= Problem to solve =
Only the lines below, from the one with "pub enum LoadFault" through the one with "impl fmt::Display for SavedFault", are to be written out, exactly.
Extracted records START
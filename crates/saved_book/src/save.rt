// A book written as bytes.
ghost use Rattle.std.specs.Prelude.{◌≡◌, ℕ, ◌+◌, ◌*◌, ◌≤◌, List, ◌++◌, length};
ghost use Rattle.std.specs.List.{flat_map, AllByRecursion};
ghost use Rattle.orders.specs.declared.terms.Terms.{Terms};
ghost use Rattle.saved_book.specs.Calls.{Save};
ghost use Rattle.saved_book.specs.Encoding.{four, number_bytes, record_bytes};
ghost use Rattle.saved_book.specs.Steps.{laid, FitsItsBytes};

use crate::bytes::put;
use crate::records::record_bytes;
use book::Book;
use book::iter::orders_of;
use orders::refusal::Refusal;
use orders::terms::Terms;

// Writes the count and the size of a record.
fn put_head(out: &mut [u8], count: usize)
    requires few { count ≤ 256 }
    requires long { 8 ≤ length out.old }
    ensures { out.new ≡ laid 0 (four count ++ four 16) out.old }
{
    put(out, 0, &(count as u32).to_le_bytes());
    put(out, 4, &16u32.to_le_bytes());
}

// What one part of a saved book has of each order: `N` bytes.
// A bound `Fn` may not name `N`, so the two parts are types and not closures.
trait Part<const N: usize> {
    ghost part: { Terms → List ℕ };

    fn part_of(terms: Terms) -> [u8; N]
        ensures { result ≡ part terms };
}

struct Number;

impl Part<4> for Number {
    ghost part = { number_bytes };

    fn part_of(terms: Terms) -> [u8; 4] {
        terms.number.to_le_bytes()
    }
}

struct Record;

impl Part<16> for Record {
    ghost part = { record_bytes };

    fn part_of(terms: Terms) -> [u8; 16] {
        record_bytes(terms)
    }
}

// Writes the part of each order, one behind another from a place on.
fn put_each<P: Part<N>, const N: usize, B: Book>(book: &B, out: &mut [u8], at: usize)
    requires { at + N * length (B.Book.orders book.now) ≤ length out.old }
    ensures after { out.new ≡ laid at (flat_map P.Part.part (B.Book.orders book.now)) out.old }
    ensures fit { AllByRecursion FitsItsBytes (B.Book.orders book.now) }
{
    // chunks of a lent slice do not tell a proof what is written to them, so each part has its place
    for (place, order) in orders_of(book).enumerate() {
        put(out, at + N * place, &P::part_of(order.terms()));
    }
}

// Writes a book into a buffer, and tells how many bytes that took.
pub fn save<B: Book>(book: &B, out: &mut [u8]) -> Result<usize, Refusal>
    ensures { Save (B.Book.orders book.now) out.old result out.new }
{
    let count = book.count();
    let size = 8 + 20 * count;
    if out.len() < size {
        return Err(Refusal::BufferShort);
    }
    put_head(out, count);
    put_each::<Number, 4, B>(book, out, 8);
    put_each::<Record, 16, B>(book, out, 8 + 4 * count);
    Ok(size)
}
Extracted records END
Extracted records START
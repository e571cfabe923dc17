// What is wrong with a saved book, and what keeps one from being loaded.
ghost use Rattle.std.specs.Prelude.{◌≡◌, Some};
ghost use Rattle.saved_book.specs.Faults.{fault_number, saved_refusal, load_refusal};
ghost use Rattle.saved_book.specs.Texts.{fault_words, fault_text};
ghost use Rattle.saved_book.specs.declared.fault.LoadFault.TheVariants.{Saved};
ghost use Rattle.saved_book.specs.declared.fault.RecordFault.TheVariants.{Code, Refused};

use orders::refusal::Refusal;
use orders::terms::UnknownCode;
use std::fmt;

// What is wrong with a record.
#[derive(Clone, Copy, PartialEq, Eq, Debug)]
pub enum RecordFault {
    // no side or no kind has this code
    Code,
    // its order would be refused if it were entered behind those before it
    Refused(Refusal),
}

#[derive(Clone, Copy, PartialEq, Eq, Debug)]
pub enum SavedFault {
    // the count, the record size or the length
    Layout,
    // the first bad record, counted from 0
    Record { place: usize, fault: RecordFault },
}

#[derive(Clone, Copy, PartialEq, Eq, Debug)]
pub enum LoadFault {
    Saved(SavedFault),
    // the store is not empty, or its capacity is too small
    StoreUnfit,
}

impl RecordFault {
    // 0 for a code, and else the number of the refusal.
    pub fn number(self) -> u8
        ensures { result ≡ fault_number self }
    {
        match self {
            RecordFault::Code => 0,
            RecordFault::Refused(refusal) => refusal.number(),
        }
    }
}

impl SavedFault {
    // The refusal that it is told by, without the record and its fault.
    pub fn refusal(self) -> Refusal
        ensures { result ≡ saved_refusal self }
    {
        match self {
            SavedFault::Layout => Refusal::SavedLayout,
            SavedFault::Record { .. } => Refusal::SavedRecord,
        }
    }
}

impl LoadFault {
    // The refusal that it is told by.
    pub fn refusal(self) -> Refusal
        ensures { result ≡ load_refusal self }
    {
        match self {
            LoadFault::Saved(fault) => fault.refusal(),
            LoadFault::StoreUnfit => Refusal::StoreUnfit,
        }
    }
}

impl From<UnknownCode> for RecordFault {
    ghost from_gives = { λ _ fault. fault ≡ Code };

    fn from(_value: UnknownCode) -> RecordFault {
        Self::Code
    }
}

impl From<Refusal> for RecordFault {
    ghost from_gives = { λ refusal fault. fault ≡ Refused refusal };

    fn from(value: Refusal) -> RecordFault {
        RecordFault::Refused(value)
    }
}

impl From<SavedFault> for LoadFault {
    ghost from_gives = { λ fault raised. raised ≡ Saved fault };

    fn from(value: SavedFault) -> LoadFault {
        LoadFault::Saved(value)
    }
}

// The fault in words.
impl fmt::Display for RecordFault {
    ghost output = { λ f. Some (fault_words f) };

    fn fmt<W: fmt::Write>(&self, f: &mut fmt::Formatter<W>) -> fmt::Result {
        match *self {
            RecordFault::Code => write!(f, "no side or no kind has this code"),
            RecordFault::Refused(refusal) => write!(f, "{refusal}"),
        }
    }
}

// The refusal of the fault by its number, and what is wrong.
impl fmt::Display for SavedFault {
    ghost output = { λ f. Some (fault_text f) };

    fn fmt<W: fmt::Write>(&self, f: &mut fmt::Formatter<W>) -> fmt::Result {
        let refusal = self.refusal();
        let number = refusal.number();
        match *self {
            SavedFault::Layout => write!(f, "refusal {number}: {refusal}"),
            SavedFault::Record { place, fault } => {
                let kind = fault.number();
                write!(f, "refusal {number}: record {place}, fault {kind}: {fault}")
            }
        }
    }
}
Extracted records END
= Response below =
pub enum LoadFault {
    Saved(SavedFault),
    // the store is not empty, or its capacity is too small
    StoreUnfit,
}

impl RecordFault {
    // 0 for a code, and else the number of the refusal.
    pub fn number(self) -> u8
        ensures { result ≡ fault_number self }
    {
        match self {
            RecordFault::Code => 0,
            RecordFault::Refused(refusal) => refusal.number(),
        }
    }
}

impl SavedFault {
    // The refusal that it is told by, without the record and its fault.
    pub fn refusal(self) -> Refusal
        ensures { result ≡ saved_refusal self }
    {
        match self {
            SavedFault::Layout => Refusal::SavedLayout,
            SavedFault::Record { .. } => Refusal::SavedRecord,
        }
    }
}

impl LoadFault {
    // The refusal that it is told by.
    pub fn refusal(self) -> Refusal
        ensures { result ≡ load_refusal self }
    {
        match self {
            LoadFault::Saved(fault) => fault.refusal(),
            LoadFault::StoreUnfit => Refusal::StoreUnfit,
        }
    }
}

impl From<UnknownCode> for RecordFault {
    ghost from_gives = { λ _ fault. fault ≡ Code };

    fn from(_value: UnknownCode) -> RecordFault {
        Self::Code
    }
}

impl From<Refusal> for RecordFault {
    ghost from_gives = { λ refusal fault. fault ≡ Refused refusal };

    fn from(value: Refusal) -> RecordFault {
        RecordFault::Refused(value)
    }
}

impl From<SavedFault> for LoadFault {
    ghost from_gives = { λ fault raised. raised ≡ Saved fault };

    fn from(value: SavedFault) -> LoadFault {
        LoadFault::Saved(value)
    }
}

// The fault in words.
impl fmt::Display for RecordFault {
    ghost output = { λ f. Some (fault_words f) };

    fn fmt<W: fmt::Write>(&self, f: &mut fmt::Formatter<W>) -> fmt::Result {
        match *self {
            RecordFault::Code => write!(f, "no side or no kind has this code"),
            RecordFault::Refused(refusal) => write!(f, "{refusal}"),
        }
    }
}

// The refusal of the fault by its number, and what is wrong.
impl fmt::Display for SavedFault {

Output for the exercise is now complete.